**DATASET:**

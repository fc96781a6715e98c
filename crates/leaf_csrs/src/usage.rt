// How an instruction may use a register, and what that says of its variables.

ghost use Rattle.std.specs.Prelude.{◌≡◌, ℕ, ◌&&◌, Bool, length, slice_get, IfOk};
ghost use Rattle.dom_set.specs.Elements.{is_within};
ghost use Rattle.rv_isa.specs.Table.{row_of};
ghost use Rattle.rv_csr.specs.Table.{address_of};
ghost use Rattle.rv_script.specs.declared.place.Place.TheVariants.{Reg};
ghost use Rattle.leaf_link.specs.Cases.{is_some_word};
ghost use Rattle.leaf_link.specs.Controls.{is_read_old};
ghost use Rattle.leaf_link.specs.Turns.{is_narrow, is_small};
ghost use Rattle.data_goals.specs.Goals.{IsCut};
ghost use Rattle.data_bytes.specs.Sets.{IsSetOf};
ghost use Rattle.leaf_stand.specs.Stands.{held, turn_of};
ghost use Rattle.leaf_csrs.specs.Usages.{field_test, old_test, rd_test, source_test, usage_test, usages, usages_of};

use crate::accesses::{is_swap, refuses};
use crate::numbers::{not_zero, one, push_one, set_of};
use dom_set::{OutOfMemory, Set};
use fd_prob::Slot;
use leaf_stand::Stand;
use rv_csr::{LazyRegister, Register, row_of};
use rv_isa::Op;
use std::alloc::Global;

/// How an instruction uses a register that it has access to.
#[derive(Clone, Copy)]
pub enum Usage {
    /// It writes the CSR and doesn't read it.
    Replaces,
    /// It reads the CSR and always writes it.
    Swaps,
    /// It reads the CSR, and writes it where its operand's field is not 0.
    Changes,
    /// It reads the CSR and doesn't write it.
    Looks,
}

static OVERWRITES: [Usage; 2] = [Usage::Replaces, Usage::Swaps];

static CHANGES: [Usage; 1] = [Usage::Changes];

static LOOKS: [Usage; 1] = [Usage::Looks];

/// The usages of a register that may only be read, or may be written, by an operation that always writes, or not always.
fn usages(swaps: bool, read_only: bool) -> &'static [Usage]
    ensures { result.now ≡ usages swaps read_only }
{
    match (swaps, read_only) {
        (true, true) => &[],
        (true, false) => &OVERWRITES,
        (false, true) => &LOOKS,
        (false, false) => &CHANGES,
    }
}

/// How an operation may use a register: in no way where each access to it is refused.
pub fn usages_of(stand: &Stand, op: Op, register: Register) -> &'static [Usage]
    ensures { result.now ≡ usages_of stand.now op register }
{
    if refuses(stand, false, register) {
        return &[];
    }
    usages(is_swap(op), refuses(stand, true, register))
}

/// What a usage says of rd.
fn rd_cut(alloc: Global, usage: Usage) -> Result<Option<Set>, OutOfMemory>
    ensures { IfOk result (IsCut (rd_test usage)) }
{
    match usage {
        Usage::Replaces => one(alloc, 0),
        Usage::Swaps => not_zero(alloc),
        Usage::Changes | Usage::Looks => Ok(None),
    }
}

/// What a usage says of the field of the operand.
fn field_cut(alloc: Global, usage: Usage) -> Result<Option<Set>, OutOfMemory>
    ensures { IfOk result (IsCut (field_test usage)) }
{
    match usage {
        Usage::Looks => one(alloc, 0),
        Usage::Replaces | Usage::Swaps | Usage::Changes => Ok(None),
    }
}

/// The values that a register may have when it is read.
fn read_cut(alloc: Global, stand: &Stand, register: Register) -> Result<Option<Set>, OutOfMemory>
    ensures { IfOk result (IsCut (is_read_old (turn_of stand.now) register)) }
{
    match register {
        Register::Lazy(lazy) => {
            let set = stand.old_values(alloc, lazy)?;
            Ok(Some(set))
        }
        _ => one(alloc, stand.csrs.value_of(register).unwrap_or(0)),
    }
}

/// What a usage says of the old value.
fn old_cut(
    alloc: Global,
    stand: &Stand,
    register: Register,
    usage: Usage,
) -> Result<Option<Set>, OutOfMemory>
    ensures { IfOk result (IsCut (old_test stand.now register usage)) }
{
    match usage {
        Usage::Replaces => one(alloc, 0),
        Usage::Swaps => read_cut(alloc, stand, register),
        Usage::Changes => read_cut(alloc, stand, register),
        Usage::Looks => read_cut(alloc, stand, register),
    }
}

/// Whether the register has few legal values.
fn has_few_values(register: Register) -> bool
    ensures { result ≡ is_narrow (row_of Op.Csrrw) (address_of register) }
{
    match register {
        Register::Mstatus | Register::Sstatus | Register::Medeleg | Register::Satp => true,
        Register::Lazy(LazyRegister::Mcause) | Register::Lazy(LazyRegister::Scause) => true,
        _ => false,
    }
}

/// Whether the operation writes a register that has few legal values from a source register.
fn is_narrow(op: Op, register: Register) -> bool
    ensures { result ≡ is_narrow (row_of op) (address_of register) }
{
    match op {
        Op::Csrrw | Op::Csrrs | Op::Csrrc => has_few_values(register),
        _ => false,
    }
}

/// The numbers of the registers that are known, as ranges.
fn known_numbers(alloc: Global, registers: &[Option<u32>]) -> Result<Vec<(u32, u32)>, OutOfMemory>
    requires { length registers.now ≡ 32 }
    ensures { IfOk result (λ pairs. (v : ℕ) → is_within pairs.items v ≡ is_some_word (held (slice_get registers.now v))) }
{
    let mut pairs = Vec::new(alloc);
    for number in 0..32 {
        push_one(&mut pairs, number, registers[number as usize].is_some())?;
    }
    Ok(pairs)
}

/// The numbers of the registers that are known.
fn known_registers(alloc: Global, stand: &Stand) -> Result<Set, OutOfMemory>
    ensures { IfOk result (IsSetOf (λ n. is_some_word ((turn_of stand.now).known (Reg n)))) }
{
    let pairs = known_numbers(alloc, &stand.registers)?;
    set_of(alloc, &pairs)
}

/// What is asked of the source register.
fn source_cut(
    alloc: Global,
    stand: &Stand,
    op: Op,
    register: Register,
    few_sources: bool,
) -> Result<Option<Set>, OutOfMemory>
    requires few { few_sources ≡ is_small (turn_of stand.now).sources }
    ensures { IfOk result (IsCut (source_test stand.now op register)) }
{
    if few_sources || !is_narrow(op, register) {
        return Ok(None);
    }
    let set = known_registers(alloc, stand)?;
    Ok(Some(set))
}

/// The words that both let through.
fn both(alloc: Global, first: Option<Set>, second: Option<Set>) -> Result<Option<Set>, OutOfMemory>
    ensures { (p q : ℕ → Bool) → IsCut p first → IsCut q second → IfOk result (IsCut (λ v. p v && q v)) }
{
    let Some(set) = first else {
        return Ok(second);
    };
    let Some(other) = second else {
        return Ok(Some(set));
    };
    let left = set.and(alloc, &other)?;
    Ok(Some(left))
}

/// What a usage says of the field of the source register.
fn first_cut(
    alloc: Global,
    stand: &Stand,
    op: Op,
    register: Register,
    usage: Usage,
    few_sources: bool,
) -> Result<Option<Set>, OutOfMemory>
    requires few { few_sources ≡ is_small (turn_of stand.now).sources }
    ensures { IfOk result (IsCut (λ v. field_test usage v && source_test stand.now op register v)) }
{
    let field = field_cut(alloc, usage)?;
    let source = source_cut(alloc, stand, op, register, few_sources)?;
    both(alloc, field, source)
}

/// What a usage of a register says of one variable; `None` where each word passes. `few_sources` says that the atoms
/// leave few values of a.
pub fn usage_cut(
    alloc: Global,
    stand: &Stand,
    op: Op,
    register: Register,
    usage: Usage,
    slot: Slot,
    few_sources: bool,
) -> Result<Option<Set>, OutOfMemory>
    requires few { few_sources ≡ is_small (turn_of stand.now).sources }
    ensures { IfOk result (IsCut (usage_test stand.now op register usage slot)) }
{
    match slot {
        Slot::Rs1 => {
            if op.has_rs1() {
                first_cut(alloc, stand, op, register, usage, few_sources)
            } else {
                Ok(None)
            }
        }
        Slot::Imm => {
            if op.has_rs1() {
                Ok(None)
            } else {
                field_cut(alloc, usage)
            }
        }
        Slot::Rd => rd_cut(alloc, usage),
        Slot::Csr => one(alloc, u32::from(row_of(register).address())),
        Slot::OldCsr => old_cut(alloc, stand, register, usage),
        _ => Ok(None),
    }
}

**PROBLEM:** The required answer is the exact run of lines above starting at the line with "is_narrow (row_of op)" and ending at the line with "known, as ranges.", with both ends present.

**RESULT:**
    ensures { result ≡ is_narrow (row_of op) (address_of register) }
{
    match op {
        Op::Csrrw | Op::Csrrs | Op::Csrrc => has_few_values(register),
        _ => false,
    }
}

/// The numbers of the registers that are known, as ranges.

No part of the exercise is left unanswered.